◆ WHAT YOU WILL DO ◆
The entries are to be written out again with no differences.

◆ DATASET ◆
==*==
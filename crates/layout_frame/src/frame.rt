// Where the cells of the grid are in the picture.
ghost use Rattle.std.specs.Prelude.{◌≡◌, ◌<◌, [], IfOk, length, slice_index_or};
ghost use Rattle.rail_model.specs.Layout.{point_names};
ghost use Rattle.layout_frame.specs.Spots.{shifted as shifted_spot};

use crate::cells::{Cell, Cells, Edges};
use crate::filling::place_all;
use crate::legend::legend_end;
use crate::looks::Look;
use crate::straightening::straighten;
use rail_model::{Layout, Names, Table, points_of};
use state_core::Group;
use state_sentences::Scene;
use std::alloc::{AllocError, Global};
use svg_text::Spot;

/// The width of a viewer. A picture of more columns than fit into it is wider.
const WIDTH: u64 = 800;

/// How far the first column is from the left.
const MARGIN: u64 = 44;

/// Where each point is, how much room there is, and how far down the picture goes.
#[derive(Drop)]
pub struct Frame {
    pub spots: Vec<Spot>,
    pub grid: Grid,
    pub height: u64,
}

/// How far columns and rows are apart, and how names are written.
#[derive(Clone, Copy)]
pub struct Grid {
    pub width: u64,
    /// Where the first column and the first row are.
    pub corner: Spot,
    /// From one column to the next, and from one row to the next.
    pub across: u64,
    pub down: u64,
    /// Whether the names of points rise, and those of trains fall, as there is no room for them side by side.
    pub rise: bool,
    pub fall: bool,
    /// Where the legend begins.
    pub foot: u64,
}

/// What is drawn: a layout and the trains of a scene, some of them in a knot, which look so, in a frame, under a title.
#[derive(Clone, Copy)]
pub struct View<'a> {
    pub alloc: Global,
    pub layout: &'a Layout,
    pub scene: &'a Scene<'a>,
    /// The names of the table's sections; an empty one, or none, for a section without a name.
    pub sections: &'a [String],
    pub knot: &'a Group,
    pub looks: &'a [Look],
    /// For each point the sections that it is in, a bit for each.
    pub inside: &'a [u64],
    pub frame: &'a Frame,
    pub title: &'a str,
}

/// The name of a point, or no letters for a number that no point has.
pub(crate) fn point_name(layout: &Layout, point: u32) -> &str
    ensures { result.now ≡ slice_index_or (point_names layout.now) point [] }
{
    match layout.points().get(point as usize) {
        Some(point) => point.name(),
        None => "",
    }
}

/// The name of a train, or no letters for a number that no train has.
pub(crate) fn train_name(names: &Names, train: u32) -> &str {
    if (train as usize) < names.trains() {
        names.train(train)
    } else {
        ""
    }
}

// How many letters the longest name of a point has.
fn point_letters(layout: &Layout) -> u64 {
    let mut most: u64 = 0;
    for point in layout.points() {
        most = most.max(point.name().len() as u64);
    }
    most
}

// How many letters the longest name of a train has.
fn train_letters(names: &Names) -> u64 {
    let mut most: u64 = 0;
    for train in 0..names.trains().min(32) as u32 {
        most = most.max(names.train(train).len() as u64);
    }
    most
}

// How wide a name of this many letters is.
fn width_of(letters: u64) -> u64 {
    letters.saturating_mul(7).saturating_add(8)
}

// How far the names of this many letters reach up or down, and to the side where they are tilted.
fn reach_of(letters: u64, tilted: bool) -> u64 {
    if tilted {
        letters.saturating_mul(5).saturating_add(14)
    } else {
        20
    }
}

// How far columns are apart that fill a width.
fn spread(width: u64, gaps: u64) -> u64 {
    (width / gaps.max(1)).max(22).min(130)
}

// A grid for names of this many letters, with this many gaps between columns, and between rows.
fn grid_of(points: u64, trains: u64, columns: u64, rows: u64) -> Grid
    ensures wide { 0 < result.width }
    ensures low { 0 < result.foot }
{
    let rise = spread(WIDTH - 2 * MARGIN, columns) < width_of(points);
    let above = reach_of(points, rise);
    let right = MARGIN.max(above);
    let across = spread((WIDTH - MARGIN).saturating_sub(right), columns);
    let fall = across < width_of(trains);
    let below = reach_of(trains, fall);
    let down = above.saturating_add(below).saturating_add(36);
    let inside = columns.saturating_mul(across);
    let used = inside.saturating_add(MARGIN).saturating_add(right);
    let width = used.max(WIDTH);
    let top = above.saturating_add(60);
    let bottom = rows.saturating_mul(down).saturating_add(top);
    Grid {
        width,
        corner: Spot {
            x: MARGIN.saturating_add((width - used) / 2),
            y: top,
        },
        across,
        down,
        rise,
        fall,
        foot: bottom.saturating_add(below).saturating_add(40),
    }
}

/// The spot so far right of another one, and so far below it.
pub fn shifted(at: Spot, right: i64, down: i64) -> Spot
    ensures { result ≡ shifted_spot at right down }
{
    Spot {
        x: at.x.saturating_add_signed(right),
        y: at.y.saturating_add_signed(down),
    }
}

// How far a number is after a first one, in steps of a size.
fn steps(number: u32, first: u32, size: u64) -> u64 {
    u64::from(number.saturating_sub(first)).saturating_mul(size)
}

// The spot of a cell.
fn spot_of(grid: &Grid, edges: Edges, cell: Cell) -> Spot {
    let right = steps(cell.column, edges.first.column, grid.across);
    let down = steps(cell.row, edges.first.row, grid.down);
    Spot {
        x: right.saturating_add(grid.corner.x),
        y: down.saturating_add(grid.corner.y),
    }
}

// A grid for these cells, with room for the names of points and of trains.
fn grid_for(layout: &Layout, names: &Names, edges: Edges) -> Grid
    ensures wide { 0 < result.width }
    ensures low { 0 < result.foot }
{
    grid_of(
        point_letters(layout),
        train_letters(names),
        steps(edges.last.column, edges.first.column, 1),
        steps(edges.last.row, edges.first.row, 1),
    )
}

// The spots of points in these cells.
fn spots_of(
    alloc: Global,
    layout: &Layout,
    cells: &Cells,
    edges: Edges,
    grid: &Grid,
) -> Result<Vec<Spot>, AllocError>
    ensures { IfOk result (λ spots. length spots.items ≡ length layout.now.points) }
{
    let mut spots = Vec::new(alloc);
    for point in 0..points_of(layout) {
        let cell = cells.at(point).unwrap_or(edges.first);
        spots.push(spot_of(grid, edges, cell))?;
    }
    Ok(spots)
}

// Points in cells: in straight rows, if that can be.
fn cells_of(layout: &Layout, table: &Table) -> Cells {
    let mut cells = place_all(layout, table);
    straighten(&mut cells, layout, table);
    cells
}

/// A frame for a layout with the trains and the sections of a scene, which have these names.
pub fn frame_of(
    alloc: Global,
    layout: &Layout,
    scene: &Scene,
    sections: &[String],
    looks: &[Look],
) -> Result<Frame, AllocError>
    ensures each { IfOk result (λ frame. length frame.spots.items ≡ length layout.now.points) }
    ensures wide { IfOk result (λ frame. 0 < frame.grid.width) }
    ensures high { IfOk result (λ frame. 0 < frame.height) }
{
    let cells = cells_of(layout, scene.table);
    let edges = cells.edges().unwrap_or(Edges::NONE);
    let grid = grid_for(layout, scene.names, edges);
    Ok(Frame {
        spots: spots_of(alloc, layout, &cells, edges, &grid)?,
        grid,
        height: legend_end(scene, sections, looks, grid.foot),
    })
}

impl Frame {
    ghost use Rattle.layout_frame.specs.Spots.{spot_at};

    /// Where a point is.
    pub fn spot(&self, point: u32) -> Spot
        ensures { result ≡ spot_at self.now.spots.items point }
    {
        self.spots
            .get(point as usize)
            .copied()
            .unwrap_or(Spot { x: 0, y: 0 })
    }
}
==*==
◆ ANSWER ◆
filename crates/layout_frame/src/frame.rt
// Where the cells of the grid are in the picture.
ghost use Rattle.std.specs.Prelude.{◌≡◌, ◌<◌, [], IfOk, length, slice_index_or};
ghost use Rattle.rail_model.specs.Layout.{point_names};
ghost use Rattle.layout_frame.specs.Spots.{shifted as shifted_spot};

use crate::cells::{Cell, Cells, Edges};
use crate::filling::place_all;
use crate::legend::legend_end;
use crate::looks::Look;
use crate::straightening::straighten;
use rail_model::{Layout, Names, Table, points_of};
use state_core::Group;
use state_sentences::Scene;
use std::alloc::{AllocError, Global};
use svg_text::Spot;

/// The width of a viewer. A picture of more columns than fit into it is wider.
const WIDTH: u64 = 800;

/// How far the first column is from the left.
const MARGIN: u64 = 44;

/// Where each point is, how much room there is, and how far down the picture goes.
#[derive(Drop)]
pub struct Frame {
    pub spots: Vec<Spot>,
    pub grid: Grid,
    pub height: u64,
}

/// How far columns and rows are apart, and how names are written.
#[derive(Clone, Copy)]
pub struct Grid {
    pub width: u64,
    /// Where the first column and the first row are.
    pub corner: Spot,
    /// From one column to the next, and from one row to the next.
    pub across: u64,
    pub down: u64,
    /// Whether the names of points rise, and those of trains fall, as there is no room for them side by side.
    pub rise: bool,
    pub fall: bool,
    /// Where the legend begins.
    pub foot: u64,
}

/// What is drawn: a layout and the trains of a scene, some of them in a knot, which look so, in a frame, under a title.
#[derive(Clone, Copy)]
pub struct View<'a> {
    pub alloc: Global,
    pub layout: &'a Layout,
    pub scene: &'a Scene<'a>,
    /// The names of the table's sections; an empty one, or none, for a section without a name.
    pub sections: &'a [String],
    pub knot: &'a Group,
    pub looks: &'a [Look],
    /// For each point the sections that it is in, a bit for each.
    pub inside: &'a [u64],
    pub frame: &'a Frame,
    pub title: &'a str,
}

/// The name of a point, or no letters for a number that no point has.
pub(crate) fn point_name(layout: &Layout, point: u32) -> &str
    ensures { result.now ≡ slice_index_or (point_names layout.now) point [] }
{
    match layout.points().get(point as usize) {
        Some(point) => point.name(),
        None => "",
    }
}

/// The name of a train, or no letters for a number that no train has.
pub(crate) fn train_name(names: &Names, train: u32) -> &str {
    if (train as usize) < names.trains() {
        names.train(train)
    } else {
        ""
    }
}

// How many letters the longest name of a point has.
fn point_letters(layout: &Layout) -> u64 {
    let mut most: u64 = 0;
    for point in layout.points() {
        most = most.max(point.name().len() as u64);
    }
    most
}

// How many letters the longest name of a train has.
fn train_letters(names: &Names) -> u64 {
    let mut most: u64 = 0;
    for train in 0..names.trains().min(32) as u32 {
        most = most.max(names.train(train).len() as u64);
    }
    most
}

// How wide a name of this many letters is.
fn width_of(letters: u64) -> u64 {
    letters.saturating_mul(7).saturating_add(8)
}

// How far the names of this many letters reach up or down, and to the side where they are tilted.
fn reach_of(letters: u64, tilted: bool) -> u64 {
    if tilted {
        letters.saturating_mul(5).saturating_add(14)
    } else {
        20
    }
}

// How far columns are apart that fill a width.
fn spread(width: u64, gaps: u64) -> u64 {
    (width / gaps.max(1)).max(22).min(130)
}

// A grid for names of this many letters, with this many gaps between columns, and between rows.
fn grid_of(points: u64, trains: u64, columns: u64, rows: u64) -> Grid
    ensures wide { 0 < result.width }
    ensures low { 0 < result.foot }
{
    let rise = spread(WIDTH - 2 * MARGIN, columns) < width_of(points);
    let above = reach_of(points, rise);
    let right = MARGIN.max(above);
    let across = spread((WIDTH - MARGIN).saturating_sub(right), columns);
    let fall = across < width_of(trains);
    let below = reach_of(trains, fall);
    let down = above.saturating_add(below).saturating_add(36);
    let inside = columns.saturating_mul(across);
    let used = inside.saturating_add(MARGIN).saturating_add(right);
    let width = used.max(WIDTH);
    let top = above.saturating_add(60);
    let bottom = rows.saturating_mul(down).saturating_add(top);
    Grid {
        width,
        corner: Spot {
            x: MARGIN.saturating_add((width - used) / 2),
            y: top,
        },
        across,
        down,
        rise,
        fall,
        foot: bottom.saturating_add(below).saturating_add(40),
    }
}

/// The spot so far right of another one, and so far below it.
pub fn shifted(at: Spot, right: i64, down: i64) -> Spot
    ensures { result ≡ shifted_spot at right down }
{
    Spot {
        x: at.x.saturating_add_signed(right),
        y: at.y.saturating_add_signed(down),
    }
}

// How far a number is after a first one, in steps of a size.
fn steps(number: u32, first: u32, size: u64) -> u64 {
    u64::from(number.saturating_sub(first)).saturating_mul(size)
}

// The spot of a cell.
fn spot_of(grid: &Grid, edges: Edges, cell: Cell) -> Spot {
    let right = steps(cell.column, edges.first.column, grid.across);
    let down = steps(cell.row, edges.first.row, grid.down);
    Spot {
        x: right.saturating_add(grid.corner.x),
        y: down.saturating_add(grid.corner.y),
    }
}

// A grid for these cells, with room for the names of points and of trains.
fn grid_for(layout: &Layout, names: &Names, edges: Edges) -> Grid
    ensures wide { 0 < result.width }
    ensures low { 0 < result.foot }
{
    grid_of(
        point_letters(layout),
        train_letters(names),
        steps(edges.last.column, edges.first.column, 1),
        steps(edges.last.row, edges.first.row, 1),
    )
}

// The spots of points in these cells.
fn spots_of(
    alloc: Global,
    layout: &Layout,
    cells: &Cells,
    edges: Edges,
    grid: &Grid,
) -> Result<Vec<Spot>, AllocError>
    ensures { IfOk result (λ spots. length spots.items ≡ length layout.now.points) }
{
    let mut spots = Vec::new(alloc);
    for point in 0..points_of(layout) {
        let cell = cells.at(point).unwrap_or(edges.first);
        spots.push(spot_of(grid, edges, cell))?;
    }
    Ok(spots)
}

// Points in cells: in straight rows, if that can be.
fn cells_of(layout: &Layout, table: &Table) -> Cells {
    let mut cells = place_all(layout, table);
    straighten(&mut cells, layout, table);
    cells
}

/// A frame for a layout with the trains and the sections of a scene, which have these names.
pub fn frame_of(
    alloc: Global,
    layout: &Layout,
    scene: &Scene,
    sections: &[String],
    looks: &[Look],
) -> Result<Frame, AllocError>
    ensures each { IfOk result (λ frame. length frame.spots.items ≡ length layout.now.points) }
    ensures wide { IfOk result (λ frame. 0 < frame.grid.width) }
    ensures high { IfOk result (λ frame. 0 < frame.height) }
{
    let cells = cells_of(layout, scene.table);
    let edges = cells.edges().unwrap_or(Edges::NONE);
    let grid = grid_for(layout, scene.names, edges);
    Ok(Frame {
        spots: spots_of(alloc, layout, &cells, edges, &grid)?,
        grid,
        height: legend_end(scene, sections, looks, grid.foot),
    })
}

impl Frame {
    ghost use Rattle.layout_frame.specs.Spots.{spot_at};

    /// Where a point is.
    pub fn spot(&self, point: u32) -> Spot
        ensures { result ≡ spot_at self.now.spots.items point }
    {
        self.spots
            .get(point as usize)
            .copied()
            .unwrap_or(Spot { x: 0, y: 0 })
    }
}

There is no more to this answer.